Now that the punitive damages phase is over for the recent Vioxx trial, with the jury determining that Merck must pay $9 million in punitives to plaintiff John McDarby, the analysis of the jury's actions and comments begins. It paints an interesting picture.
This Boston Globe piece discusses a theory that Judge Higbee, while at first reluctant, decided to allow discussion and consideration of punitive damages, but ultimately did so to increase pressure on Merck to commence a strategy of settlement rather then risk punitives in the other 4600 cases consolidated in her court room awaiting trial.
The WSJ online has a further analysis which points out just how hard it is to obtain punitive damages against a pharmaceutical company in NJ. Tort reform legislation put in place back in 1994 requires that the defendant company must "display a willful and wanton disregard for the safety of the public" in the manufacturer or marketing of a product. The jury considering the facts and testimony felt they did in fact reach that standard through the selective release of information to the FDA, withholding damaging information in the hope that they could keep the sales machine that was pushing Vioxx moving at full speed.

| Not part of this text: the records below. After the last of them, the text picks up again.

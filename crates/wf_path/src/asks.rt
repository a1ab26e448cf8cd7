//! The calls that a path takes, as types.

ghost use Rattle.std.specs.Prelude.{◌≡◌, IfOk, IfErr};
ghost use Rattle.wf_path.specs.Jobs.{job_of, ask_about};
ghost use Rattle.wf_path.specs.declared.asks.PathAsk.TheVariants.{Join, Offload, Plain, Begin};
ghost use Rattle.wf_path.specs.declared.job.Job.TheVariants.{Call};

use wf_frame::{Ask, AskedRate, Class, GroupCall, Limits, ServiceAsk};
use wf_queue_parts::chain::Parcel;

/// A call of a path.
#[derive(Drop)]
pub enum PathJob {
    /// A frame for a station.
    Give(Parcel),
    /// The driver asks for the next exchange of a class, within these limits: `Limits::NONE` if its device
    /// has none. Its answer may have a list of frames. Refused as Full, Ahead or Idle, whatever the limits
    /// are.
    Pull(Class, Limits),
    /// A call that brings and returns no frame, and whose answer has no lists.
    Call(PathAsk),
    /// The caller takes the next finished frame.
    Reap,
}

/// A call of a path that brings and returns no frame, and whose answer has no lists: one of twenty-four. An
/// argument outside its given range is refused.
#[derive(Clone, Copy, Debug, PartialEq, Eq)]
pub enum PathAsk {
    /// A station joins, with its window size in frames (1 to 256), first sequence number (0 to 4095),
    /// maximum A-MPDU length exponent (0 to 3; IEEE 802.11-2012, 8.4.2.58.3) and weight (1 to 16).
    Join {
        station: u16,
        window: u16,
        start: u16,
        exponent: u8,
        weight: u8,
    },
    /// A station leaves; its frames are dropped.
    Leave {
        station: u16,
    },
    /// Data to a station has this rate from now on. Refused as BadStation, BadRate, NoStation, or Agreed if
    /// it is a rate of OFDM or DSSS and a TID of the station has an agreement or is held.
    Rate {
        station: u16,
        rate: AskedRate,
    },
    /// The clock moves forward by 0 to 10,000,000 microseconds.
    Tick {
        by: u32,
    },
    /// A station goes to sleep.
    Sleep {
        station: u16,
    },
    /// A station wakes.
    Wake {
        station: u16,
    },
    /// A sleeping station asks for one frame (PS-Poll).
    Poll {
        station: u16,
    },
    /// A station used this airtime to send in a class: 1 to 65,535 microseconds.
    Rx {
        station: u16,
        class: Class,
        air: u32,
    },
    /// A station takes aggregates of at most this many octets at a rate of VHT or HE until it leaves: 4,096
    /// to 6,500,631 (IEEE 802.11ax-2021, 26.6.1). Until then its exponent bounds them, at a rate of HT
    /// always. Refused as BadStation, BadAmpdu or NoStation.
    Ampdu {
        station: u16,
        octets: u32,
    },
    /// No pull picks the station until it is started. Refused as BadStation, NoStation or Stopped.
    Stop {
        station: u16,
    },
    /// Pulls may pick the station again. Refused as BadStation, NoStation or Started.
    Start {
        station: u16,
    },
    /// A transmission of an open exchange never went on the air: its frame waits again when the exchange
    /// ends, and this transmission does not count. `index` counts the transmissions from 0. Refused as
    /// NoExchange, BadIndex or Marked.
    Unsent {
        exchange: u64,
        index: u16,
    },
    /// The device will not try a transmission of an open exchange again: if it is not acknowledged, its frame
    /// is dropped when the exchange ends. Refused as NoExchange, BadIndex or Marked.
    GiveUp {
        exchange: u64,
        index: u16,
    },
    /// The frames of a TID that are not on the air are dropped. Refused as BadStation, BadTid or NoStation.
    Flush {
        station: u16,
        tid: u8,
    },
    /// A station joins whose device numbers, aggregates and repeats its frames: each exchange to it is a
    /// batch, and `Path::done_each` says what became of its frames. It has a maximum A-MPDU length exponent
    /// (0 to 3; IEEE 802.11-2012, 8.4.2.58.3) and a weight (1 to 16). Refused as BadStation, BadExponent,
    /// BadWeight or Live.
    Offload {
        station: u16,
        exponent: u8,
        weight: u8,
    },
    /// A station has this weight from now on, 1 to 16. Refused as BadStation, BadWeight or NoStation.
    Weight {
        station: u16,
        weight: u8,
    },
    /// A station joins without block acknowledgement agreements: each of its exchanges sends one frame, and
    /// `Path::done_ack` ends it. It has a first sequence number (0 to 4095), a maximum A-MPDU length exponent
    /// (0 to 3; IEEE 802.11-2012, 8.4.2.58.3) and a weight (1 to 16). Refused as BadStation, BadStart,
    /// BadExponent, BadWeight or Live.
    Plain {
        station: u16,
        start: u16,
        exponent: u8,
        weight: u8,
    },
    /// No frame of a TID (0 to 7) gets a sequence number from now on, so that an agreement can begin. Refused
    /// as BadStation, BadTid, NoStation, Offloaded, Agreed, Held or Legacy.
    Hold {
        station: u16,
        tid: u8,
    },
    /// A TID (0 to 7) that is held has an agreement from now on, with its window in frames (1 to 256; IEEE
    /// 802.11-2012, 10.5.2). Refused as BadStation, BadTid, BadWindow, NoStation, NotHeld, Open or Waits.
    Begin {
        station: u16,
        tid: u8,
        window: u16,
    },
    /// A TID (0 to 7) that is held sends its frames one at a time from now on. Refused as BadStation, BadTid,
    /// NoStation or NotHeld.
    Free {
        station: u16,
        tid: u8,
    },
    /// The agreement of a TID (0 to 7) ends (IEEE 802.11-2012, 10.5.3), and the TID is held. The frames that
    /// have sequence numbers and are not acknowledged are dropped. Refused as BadStation, BadTid, NoStation,
    /// NotAgreed or Open.
    Cease {
        station: u16,
        tid: u8,
    },
    /// A call about the group frames of a BSS. One that is accepted so has the tag 0, and all stations are
    /// its destination; `Path::accept_group` accepts one with a tag and a destination.
    Group(GroupCall),
    /// A call about the service periods of a station that sleeps (U-APSD; IEEE 802.11-2012, 10.2.1.5). Set
    /// is refused as BadStation, BadClasses, NoStation or Asleep; Trigger as BadStation, NoStation, Awake,
    /// Polled or Nothing; End as BadStation, NoStation or Nothing.
    Service(ServiceAsk),
    /// Sets the BSS of a station, 0 to `bsses` - 1: while it sleeps it hears the beacons of this
    /// BSS, and frames to and from it have the BSS's address. Refused as BadStation, BadBss,
    /// NoStation or Asleep.
    Bss {
        station: u16,
        bss: u8,
    },
}

/// A call of the machine about an open exchange. A path does not take it: it has no receivers, and
/// `Path::done_bits` and `Path::done_bytes` end an exchange.
#[derive(Clone, Copy, Debug, PartialEq, Eq)]
pub enum ExchangeAsk {
    /// A transmission of the exchange reached its station. `index` counts the transmissions from 0.
    Arrive {
        exchange: u64,
        index: u16,
    },
    /// The station answers the exchange with a BlockAck, or with an Ack if it is plain.
    Answer {
        exchange: u64,
    },
    /// The exchange ends. `heard` is whether its answer was heard. It is charged the airtime `air`, 1 to
    /// `charge` microseconds, or if that is `None` the airtime of its Send.
    Done {
        exchange: u64,
        heard: bool,
        air: Option<u32>,
    },
}

impl PathAsk {
    // Returns the call by which a station joins.
    fn join(station: u16, window: u16, start: u16, exponent: u8, weight: u8) -> PathAsk
        ensures value { result ≡ Join station window start exponent weight }
    {
        PathAsk::Join {
            station,
            window,
            start,
            exponent,
            weight,
        }
    }

    // Returns the call by which a station joins whose device numbers its frames.
    fn offload(station: u16, exponent: u8, weight: u8) -> PathAsk
        ensures value { result ≡ Offload station exponent weight }
    {
        PathAsk::Offload {
            station,
            exponent,
            weight,
        }
    }

    // Returns the call by which a station joins without agreements.
    fn plain(station: u16, start: u16, exponent: u8, weight: u8) -> PathAsk
        ensures value { result ≡ Plain station start exponent weight }
    {
        PathAsk::Plain {
            station,
            start,
            exponent,
            weight,
        }
    }

    // Returns the call by which the agreement of a TID begins.
    fn begin(station: u16, tid: u8, window: u16) -> PathAsk
        ensures value { result ≡ Begin station tid window }
    {
        PathAsk::Begin {
            station,
            tid,
            window,
        }
    }
}

impl PathJob {
    /// Returns the path's call that is this call of the machine, or the call about an open exchange that it
    /// is.
    pub fn of(ask: Ask) -> Result<PathJob, ExchangeAsk>
        ensures path { IfOk result (λ job. Call ask ≡ job_of job) }
        ensures exchange { IfErr result (λ about. ask ≡ ask_about about) }
    {
        match ask {
            Ask::Join {
                station,
                window,
                start,
                exponent,
                weight,
            } => Ok(PathJob::Call(PathAsk::join(station, window, start, exponent, weight))),
            Ask::Leave { station } => Ok(PathJob::Call(PathAsk::Leave { station })),
            Ask::Rate { station, rate } => Ok(PathJob::Call(PathAsk::Rate { station, rate })),
            Ask::Tick { by } => Ok(PathJob::Call(PathAsk::Tick { by })),
            Ask::Pull { class, limits } => Ok(PathJob::Pull(class, limits)),
            Ask::Arrive { exchange, index } => Err(ExchangeAsk::Arrive { exchange, index }),
            Ask::Answer { exchange } => Err(ExchangeAsk::Answer { exchange }),
            Ask::Done {
                exchange,
                heard,
                air,
            } => Err(ExchangeAsk::Done {
                exchange,
                heard,
                air,
            }),
            Ask::Sleep { station } => Ok(PathJob::Call(PathAsk::Sleep { station })),
            Ask::Wake { station } => Ok(PathJob::Call(PathAsk::Wake { station })),
            Ask::Poll { station } => Ok(PathJob::Call(PathAsk::Poll { station })),
            Ask::Rx {
                station,
                class,
                air,
            } => Ok(PathJob::Call(PathAsk::Rx {
                station,
                class,
                air,
            })),
            Ask::Reap => Ok(PathJob::Reap),
            Ask::Ampdu { station, octets } => Ok(PathJob::Call(PathAsk::Ampdu { station, octets })),
            Ask::Stop { station } => Ok(PathJob::Call(PathAsk::Stop { station })),
            Ask::Start { station } => Ok(PathJob::Call(PathAsk::Start { station })),
            Ask::Unsent { exchange, index } => Ok(PathJob::Call(PathAsk::Unsent {
                exchange,
                index,
            })),
            Ask::GiveUp { exchange, index } => Ok(PathJob::Call(PathAsk::GiveUp {
                exchange,
                index,
            })),
            Ask::Flush { station, tid } => Ok(PathJob::Call(PathAsk::Flush { station, tid })),
            Ask::Offload {
                station,
                exponent,
                weight,
            } => Ok(PathJob::Call(PathAsk::offload(station, exponent, weight))),
            Ask::Weight { station, weight } => Ok(PathJob::Call(PathAsk::Weight {
                station,
                weight,
            })),
            Ask::Plain {
                station,
                start,
                exponent,
                weight,
            } => Ok(PathJob::Call(PathAsk::plain(station, start, exponent, weight))),
            Ask::Hold { station, tid } => Ok(PathJob::Call(PathAsk::Hold { station, tid })),
            Ask::Begin {
                station,
                tid,
                window,
            } => Ok(PathJob::Call(PathAsk::begin(station, tid, window))),
            Ask::Free { station, tid } => Ok(PathJob::Call(PathAsk::Free { station, tid })),
            Ask::Cease { station, tid } => Ok(PathJob::Call(PathAsk::Cease { station, tid })),
            Ask::Group(call) => Ok(PathJob::Call(PathAsk::Group(call))),
            Ask::Service(ask) => Ok(PathJob::Call(PathAsk::Service(ask))),
            Ask::Bss { station, bss } => Ok(PathJob::Call(PathAsk::Bss { station, bss })),
        }
    }
}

Furthermore, in a poorly reported twist, the awarding of punitive then requires a referral to state and local prosecutors for review and possible criminal prosecution. While any such prosecution is unlikely, it does drive home the point that the law in NJ requires serious standards be reached to award punitives, and this jury quickly decided that level was reached. The implication for Merck is pretty clear, as you have thousands of other cases in the state which might reach the same standard, thus raising their risk to continue trials.
Merck of course is appealing both the punitive and compensatory awards, so Mr. McDarby isn't home free yet, but it's hard to imagine an appeal court over turning the compensatory award. The punitive award is less certain to be upheld.
The jury comments seem to indicate that the main reason McDarby was compensated was exactly because he was so old, so infirm and had some many risk factors, that the use of Vioxx would never have been recommended by any medical professional who knew of the potential risk of long term usage. In the Cona case it appears that the "prescription gap" was the factor that most swayed the jury to not award damages. The comments indicate they felt he was equally damaged and would have been compensated, but there was a substantial gap in his medical history during which no prescriptions for Vioxx were found. The plaintiffs tried to explain this as the period during which Mr. Cona was using free samples that had been liberally provided by his physician, which may have certainly been the case, but the jury was unwilling to make an award with out hard evidence.
So, in summary, we now have a solid case of long term exposure, documented use, other risk factors that would preclude a responsible person from using Vioxx if the risk was known, and the jury stepped up and hit Merck hard. The fact that a substantial portion of Vioxx users were older, risk prone, long time users raises the stakes once again for Merck in their defense, but also to some degree assists the company in that they were able through the Cona verdict to raise the evidentiary bar for claims and cases to make sure it's only plaintiffs with strongly documented cases.
No clear winner, no clear user, as the stock price has hardly moved beyond where it was pre-verdict, but the outline of the cases that need to be brought and those that have a chance at winning has been narrowed somewhat.